1. Introduction
The prevalence of food allergies in Europe is increasing rapidly. Currently, in adults, self-reported symptoms after ingesting different varieties of food are reported by 5.7–61.6% of people, and physician-diagnosed hypersensitivities are reported by 0.2–4.2% of people [
1]. Diagnosing a suspected food allergy accurately is of great importance, both to prevent severe allergic reactions and to avoid unnecessary dietary restrictions caused by inaccurate diagnosis. The diagnosis of food allergy involves the use of skin prick tests (SPTs), allergen specific immunoglobulin E (sIgE), and oral food challenges (OFC) as a gold standard [
2]. It is generally agreed that the core diagnostic step for type I mediated allergy, the SPT, should be further standardized, and further studies are necessary to define worldwide standards for allergen extracts [
3]. In a recent EAACI position paper about in vivo diagnostic test allergens, the importance of reliable allergens was also stressed [
4].
The evaluation of patients with a possible food allergy starts with an extensive food specific medical history and a physical examination.

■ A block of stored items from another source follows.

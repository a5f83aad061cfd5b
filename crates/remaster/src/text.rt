// The lines: what decoding and re-encoding answered.
use format::{Answer, Named, Outcome, Place};
use std::io;

// Prints how much was read or written, without the end of the line, or a refusal, of a file that opens; and says
// whether it was no refusal.
pub fn print_done(rt: &impl Print, answer: Answer) -> io::Result<bool> {
    match answer.outcome {
        Outcome::Read(samples) => print!(rt; "{} samples", samples.0)?,
        Outcome::Wrote(n) => print!(rt; "{n} bytes")?,
        Outcome::Refused(r) => {
            let place = Place {
                group: answer.group,
                channel: answer.channel,
            };
            report::print_refused(rt, r, Named::inside(r.number()), place)?;
            println!(rt)?;
            return Ok(false);
        }
        _ => {
            println!(rt; "no answer")?;
            return Ok(false);
        }
    }
    Ok(true)
}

The focus should be on possible dietary triggers, the quantity and quality of the ingested food, possible facilitating co-factors around the time of the reaction (exercise, illness, use of medication), and the specific symptoms that led to the allergic reaction [
5]. Knowledge of cross-reactivity within protein families would help to decide the ensuing pathway.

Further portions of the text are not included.